Items from a dataset:
########################################
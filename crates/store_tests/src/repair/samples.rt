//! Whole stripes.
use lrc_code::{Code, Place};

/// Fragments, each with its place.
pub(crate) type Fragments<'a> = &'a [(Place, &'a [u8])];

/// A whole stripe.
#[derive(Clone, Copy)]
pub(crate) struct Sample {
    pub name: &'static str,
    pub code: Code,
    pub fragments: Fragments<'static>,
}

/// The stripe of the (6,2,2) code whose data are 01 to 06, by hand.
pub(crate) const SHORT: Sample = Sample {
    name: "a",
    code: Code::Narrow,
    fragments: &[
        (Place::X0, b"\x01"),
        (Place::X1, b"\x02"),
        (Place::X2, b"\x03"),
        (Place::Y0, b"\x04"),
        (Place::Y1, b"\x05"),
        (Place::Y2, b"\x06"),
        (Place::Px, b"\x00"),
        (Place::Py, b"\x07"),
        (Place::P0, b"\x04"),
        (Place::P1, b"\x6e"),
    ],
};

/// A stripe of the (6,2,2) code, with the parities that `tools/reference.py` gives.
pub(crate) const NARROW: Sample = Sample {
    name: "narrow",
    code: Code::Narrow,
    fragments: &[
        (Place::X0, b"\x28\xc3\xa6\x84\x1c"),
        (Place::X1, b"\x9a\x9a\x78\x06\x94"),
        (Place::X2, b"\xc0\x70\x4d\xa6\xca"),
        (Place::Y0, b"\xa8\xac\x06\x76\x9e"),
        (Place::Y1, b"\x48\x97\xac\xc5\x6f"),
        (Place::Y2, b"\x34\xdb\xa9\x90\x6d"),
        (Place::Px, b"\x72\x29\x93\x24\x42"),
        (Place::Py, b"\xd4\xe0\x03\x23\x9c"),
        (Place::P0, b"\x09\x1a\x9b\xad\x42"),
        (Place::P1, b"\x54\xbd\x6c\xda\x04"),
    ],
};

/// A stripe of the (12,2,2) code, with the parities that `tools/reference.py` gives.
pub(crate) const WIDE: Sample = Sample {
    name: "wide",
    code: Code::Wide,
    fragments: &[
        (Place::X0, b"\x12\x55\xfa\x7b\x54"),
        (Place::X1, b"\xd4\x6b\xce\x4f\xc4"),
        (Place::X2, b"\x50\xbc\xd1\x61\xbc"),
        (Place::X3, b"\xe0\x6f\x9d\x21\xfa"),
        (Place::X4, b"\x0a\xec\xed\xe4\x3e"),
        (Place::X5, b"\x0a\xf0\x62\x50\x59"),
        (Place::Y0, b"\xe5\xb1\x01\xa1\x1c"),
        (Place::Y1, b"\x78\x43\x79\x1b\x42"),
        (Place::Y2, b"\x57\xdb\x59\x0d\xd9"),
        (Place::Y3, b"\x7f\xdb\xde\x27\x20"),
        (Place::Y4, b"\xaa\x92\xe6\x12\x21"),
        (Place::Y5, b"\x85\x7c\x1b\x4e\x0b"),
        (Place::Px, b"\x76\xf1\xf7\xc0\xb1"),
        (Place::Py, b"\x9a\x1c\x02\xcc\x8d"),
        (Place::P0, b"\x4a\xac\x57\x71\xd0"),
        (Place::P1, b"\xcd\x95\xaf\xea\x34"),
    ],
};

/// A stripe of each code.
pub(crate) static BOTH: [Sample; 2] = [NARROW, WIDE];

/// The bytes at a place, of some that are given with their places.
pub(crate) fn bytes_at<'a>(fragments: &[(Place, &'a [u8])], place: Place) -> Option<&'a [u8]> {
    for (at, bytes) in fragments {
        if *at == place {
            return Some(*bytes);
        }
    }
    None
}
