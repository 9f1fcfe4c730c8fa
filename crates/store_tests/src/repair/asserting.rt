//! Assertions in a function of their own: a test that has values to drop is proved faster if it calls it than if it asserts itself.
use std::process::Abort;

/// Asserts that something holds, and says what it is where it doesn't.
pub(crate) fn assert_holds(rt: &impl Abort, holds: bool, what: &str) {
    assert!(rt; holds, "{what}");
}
########################################
Task objective: Could you repeat every record above exactly as it appears?

Result for this exercise:
filename crates/store_tests/src/repair/samples.rt
//! Whole stripes.
use lrc_code::{Code, Place};

/// Fragments, each with its place.
pub(crate) type Fragments<'a> = &'a [(Place, &'a [u8])];

/// A whole stripe.
#[derive(Clone, Copy)]
pub(crate) struct Sample {
    pub name: &'static str,
    pub code: Code,
    pub fragments: Fragments<'static>,
}

/// The stripe of the (6,2,2) code whose data are 01 to 06, by hand.
pub(crate) const SHORT: Sample = Sample {
    name: "a",
    code: Code::Narrow,
    fragments: &[
        (Place::X0, b"\x01"),
        (Place::X1, b"\x02"),
        (Place::X2, b"\x03"),
        (Place::Y0, b"\x04"),
        (Place::Y1, b"\x05"),
        (Place::Y2, b"\x06"),
        (Place::Px, b"\x00"),
        (Place::Py, b"\x07"),
        (Place::P0, b"\x04"),
        (Place::P1, b"\x6e"),
    ],
};

/// A stripe of the (6,2,2) code, with the parities that `tools/reference.py` gives.
pub(crate) const NARROW: Sample = Sample {
    name: "narrow",
    code: Code::Narrow,
    fragments: &[
        (Place::X0, b"\x28\xc3\xa6\x84\x1c"),
        (Place::X1, b"\x9a\x9a\x78\x06\x94"),
        (Place::X2, b"\xc0\x70\x4d\xa6\xca"),
        (Place::Y0, b"\xa8\xac\x06\x76\x9e"),
        (Place::Y1, b"\x48\x97\xac\xc5\x6f"),
        (Place::Y2, b"\x34\xdb\xa9\x90\x6d"),
        (Place::Px, b"\x72\x29\x93\x24\x42"),
        (Place::Py, b"\xd4\xe0\x03\x23\x9c"),
        (Place::P0, b"\x09\x1a\x9b\xad\x42"),
        (Place::P1, b"\x54\xbd\x6c\xda\x04"),
    ],
};

/// A stripe of the (12,2,2) code, with the parities that `tools/reference.py` gives.
pub(crate) const WIDE: Sample = Sample {
    name: "wide",
    code: Code::Wide,
    fragments: &[
        (Place::X0, b"\x12\x55\xfa\x7b\x54"),
        (Place::X1, b"\xd4\x6b\xce\x4f\xc4"),
        (Place::X2, b"\x50\xbc\xd1\x61\xbc"),
        (Place::X3, b"\xe0\x6f\x9d\x21\xfa"),
        (Place::X4, b"\x0a\xec\xed\xe4\x3e"),
        (Place::X5, b"\x0a\xf0\x62\x50\x59"),
        (Place::Y0, b"\xe5\xb1\x01\xa1\x1c"),
        (Place::Y1, b"\x78\x43\x79\x1b\x42"),
        (Place::Y2, b"\x57\xdb\x59\x0d\xd9"),
        (Place::Y3, b"\x7f\xdb\xde\x27\x20"),
        (Place::Y4, b"\xaa\x92\xe6\x12\x21"),
        (Place::Y5, b"\x85\x7c\x1b\x4e\x0b"),
        (Place::Px, b"\x76\xf1\xf7\xc0\xb1"),
        (Place::Py, b"\x9a\x1c\x02\xcc\x8d"),
        (Place::P0, b"\x4a\xac\x57\x71\xd0"),
        (Place::P1, b"\xcd\x95\xaf\xea\x34"),
    ],
};

/// A stripe of each code.
pub(crate) static BOTH: [Sample; 2] = [NARROW, WIDE];

/// The bytes at a place, of some that are given with their places.
pub(crate) fn bytes_at<'a>(fragments: &[(Place, &'a [u8])], place: Place) -> Option<&'a [u8]> {
    for (at, bytes) in fragments {
        if *at == place {
            return Some(*bytes);
        }
    }
    None
}
repository 9f1fcfe4c730c8fa
filename crates/store_tests/src/repair/asserting.rt
//! Assertions in a function of their own: a test that has values to drop is proved faster if it calls it than if it asserts itself.
use std::process::Abort;

/// Asserts that something holds, and says what it is where it doesn't.
pub(crate) fn assert_holds(rt: &impl Abort, holds: bool, what: &str) {
    assert!(rt; holds, "{what}");
}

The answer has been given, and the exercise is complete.